▸ **What the task asks**
Each entry below needs to be retyped exactly as given.

########################################

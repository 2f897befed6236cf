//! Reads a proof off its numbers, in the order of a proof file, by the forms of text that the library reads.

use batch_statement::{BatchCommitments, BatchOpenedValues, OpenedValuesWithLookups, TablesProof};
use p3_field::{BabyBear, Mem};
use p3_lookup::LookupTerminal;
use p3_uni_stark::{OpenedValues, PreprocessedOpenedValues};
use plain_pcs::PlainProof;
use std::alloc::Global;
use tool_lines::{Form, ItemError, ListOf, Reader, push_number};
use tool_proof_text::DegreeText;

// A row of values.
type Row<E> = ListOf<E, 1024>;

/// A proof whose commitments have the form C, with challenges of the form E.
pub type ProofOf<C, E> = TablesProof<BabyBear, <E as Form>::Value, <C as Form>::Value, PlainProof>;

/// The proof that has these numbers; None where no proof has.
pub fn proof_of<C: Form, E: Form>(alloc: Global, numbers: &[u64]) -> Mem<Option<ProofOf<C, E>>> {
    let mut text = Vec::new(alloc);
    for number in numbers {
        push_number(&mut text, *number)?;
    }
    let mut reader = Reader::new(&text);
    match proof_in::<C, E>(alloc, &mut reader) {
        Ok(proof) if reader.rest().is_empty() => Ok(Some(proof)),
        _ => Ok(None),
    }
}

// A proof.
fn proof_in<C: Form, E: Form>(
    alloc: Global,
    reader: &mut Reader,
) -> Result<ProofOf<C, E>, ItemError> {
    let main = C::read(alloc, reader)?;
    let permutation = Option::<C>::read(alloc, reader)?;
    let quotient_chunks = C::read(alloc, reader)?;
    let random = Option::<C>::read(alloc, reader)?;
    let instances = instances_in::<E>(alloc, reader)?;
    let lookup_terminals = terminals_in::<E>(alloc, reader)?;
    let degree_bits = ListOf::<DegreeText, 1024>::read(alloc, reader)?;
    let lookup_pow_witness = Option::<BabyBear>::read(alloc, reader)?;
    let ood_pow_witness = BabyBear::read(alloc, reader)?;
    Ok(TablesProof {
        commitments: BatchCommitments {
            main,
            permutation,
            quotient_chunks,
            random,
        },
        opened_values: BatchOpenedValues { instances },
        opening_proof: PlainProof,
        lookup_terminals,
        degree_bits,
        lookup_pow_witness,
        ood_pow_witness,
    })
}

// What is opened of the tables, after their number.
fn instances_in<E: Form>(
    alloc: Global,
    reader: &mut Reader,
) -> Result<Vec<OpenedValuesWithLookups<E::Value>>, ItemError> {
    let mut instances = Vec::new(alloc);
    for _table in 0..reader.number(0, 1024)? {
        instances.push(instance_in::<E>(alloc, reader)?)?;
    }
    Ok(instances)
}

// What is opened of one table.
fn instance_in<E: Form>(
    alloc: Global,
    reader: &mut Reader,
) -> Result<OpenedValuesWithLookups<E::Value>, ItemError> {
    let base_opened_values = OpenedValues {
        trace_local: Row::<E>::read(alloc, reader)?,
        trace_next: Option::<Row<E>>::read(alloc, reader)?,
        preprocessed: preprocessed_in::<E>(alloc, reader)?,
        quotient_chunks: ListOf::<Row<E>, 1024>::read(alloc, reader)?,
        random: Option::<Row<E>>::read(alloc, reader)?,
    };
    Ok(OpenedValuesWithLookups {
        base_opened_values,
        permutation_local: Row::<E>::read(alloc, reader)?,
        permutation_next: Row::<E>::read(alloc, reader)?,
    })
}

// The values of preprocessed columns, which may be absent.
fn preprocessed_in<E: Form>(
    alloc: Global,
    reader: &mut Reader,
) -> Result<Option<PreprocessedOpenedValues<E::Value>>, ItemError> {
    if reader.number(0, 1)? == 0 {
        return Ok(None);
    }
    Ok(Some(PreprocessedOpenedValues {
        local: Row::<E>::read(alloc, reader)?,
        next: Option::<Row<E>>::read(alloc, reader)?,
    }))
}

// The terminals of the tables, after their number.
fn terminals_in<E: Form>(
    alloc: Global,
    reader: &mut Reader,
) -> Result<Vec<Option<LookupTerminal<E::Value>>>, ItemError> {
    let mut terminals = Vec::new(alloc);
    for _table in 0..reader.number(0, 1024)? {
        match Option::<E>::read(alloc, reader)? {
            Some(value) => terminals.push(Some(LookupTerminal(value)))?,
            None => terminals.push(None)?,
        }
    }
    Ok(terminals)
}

########################################

▸ **Solution**
repository 2f897befed6236cf
//! Reads a proof off its numbers, in the order of a proof file, by the forms of text that the library reads.

use batch_statement::{BatchCommitments, BatchOpenedValues, OpenedValuesWithLookups, TablesProof};
use p3_field::{BabyBear, Mem};
use p3_lookup::LookupTerminal;
use p3_uni_stark::{OpenedValues, PreprocessedOpenedValues};
use plain_pcs::PlainProof;
use std::alloc::Global;
use tool_lines::{Form, ItemError, ListOf, Reader, push_number};
use tool_proof_text::DegreeText;

// A row of values.
type Row<E> = ListOf<E, 1024>;

/// A proof whose commitments have the form C, with challenges of the form E.
pub type ProofOf<C, E> = TablesProof<BabyBear, <E as Form>::Value, <C as Form>::Value, PlainProof>;

/// The proof that has these numbers; None where no proof has.
pub fn proof_of<C: Form, E: Form>(alloc: Global, numbers: &[u64]) -> Mem<Option<ProofOf<C, E>>> {
    let mut text = Vec::new(alloc);
    for number in numbers {
        push_number(&mut text, *number)?;
    }
    let mut reader = Reader::new(&text);
    match proof_in::<C, E>(alloc, &mut reader) {
        Ok(proof) if reader.rest().is_empty() => Ok(Some(proof)),
        _ => Ok(None),
    }
}

// A proof.
fn proof_in<C: Form, E: Form>(
    alloc: Global,
    reader: &mut Reader,
) -> Result<ProofOf<C, E>, ItemError> {
    let main = C::read(alloc, reader)?;
    let permutation = Option::<C>::read(alloc, reader)?;
    let quotient_chunks = C::read(alloc, reader)?;
    let random = Option::<C>::read(alloc, reader)?;
    let instances = instances_in::<E>(alloc, reader)?;
    let lookup_terminals = terminals_in::<E>(alloc, reader)?;
    let degree_bits = ListOf::<DegreeText, 1024>::read(alloc, reader)?;
    let lookup_pow_witness = Option::<BabyBear>::read(alloc, reader)?;
    let ood_pow_witness = BabyBear::read(alloc, reader)?;
    Ok(TablesProof {
        commitments: BatchCommitments {
            main,
            permutation,
            quotient_chunks,
            random,
        },
        opened_values: BatchOpenedValues { instances },
        opening_proof: PlainProof,
        lookup_terminals,
        degree_bits,
        lookup_pow_witness,
        ood_pow_witness,
    })
}

// What is opened of the tables, after their number.
fn instances_in<E: Form>(
    alloc: Global,
    reader: &mut Reader,
) -> Result<Vec<OpenedValuesWithLookups<E::Value>>, ItemError> {
    let mut instances = Vec::new(alloc);
    for _table in 0..reader.number(0, 1024)? {
        instances.push(instance_in::<E>(alloc, reader)?)?;
    }
    Ok(instances)
}

// What is opened of one table.
fn instance_in<E: Form>(
    alloc: Global,
    reader: &mut Reader,
) -> Result<OpenedValuesWithLookups<E::Value>, ItemError> {
    let base_opened_values = OpenedValues {
        trace_local: Row::<E>::read(alloc, reader)?,
        trace_next: Option::<Row<E>>::read(alloc, reader)?,
        preprocessed: preprocessed_in::<E>(alloc, reader)?,
        quotient_chunks: ListOf::<Row<E>, 1024>::read(alloc, reader)?,
        random: Option::<Row<E>>::read(alloc, reader)?,
    };
    Ok(OpenedValuesWithLookups {
        base_opened_values,
        permutation_local: Row::<E>::read(alloc, reader)?,
        permutation_next: Row::<E>::read(alloc, reader)?,
    })
}

// The values of preprocessed columns, which may be absent.
fn preprocessed_in<E: Form>(
    alloc: Global,
    reader: &mut Reader,
) -> Result<Option<PreprocessedOpenedValues<E::Value>>, ItemError> {
    if reader.number(0, 1)? == 0 {
        return Ok(None);
    }
    Ok(Some(PreprocessedOpenedValues {
        local: Row::<E>::read(alloc, reader)?,
        next: Option::<Row<E>>::read(alloc, reader)?,
    }))
}

// The terminals of the tables, after their number.
fn terminals_in<E: Form>(
    alloc: Global,
    reader: &mut Reader,
) -> Result<Vec<Option<LookupTerminal<E::Value>>>, ItemError> {
    let mut terminals = Vec::new(alloc);
    for _table in 0..reader.number(0, 1024)? {
        match Option::<E>::read(alloc, reader)? {
            Some(value) => terminals.push(Some(LookupTerminal(value)))?,
            None => terminals.push(None)?,
        }
    }
    Ok(terminals)
}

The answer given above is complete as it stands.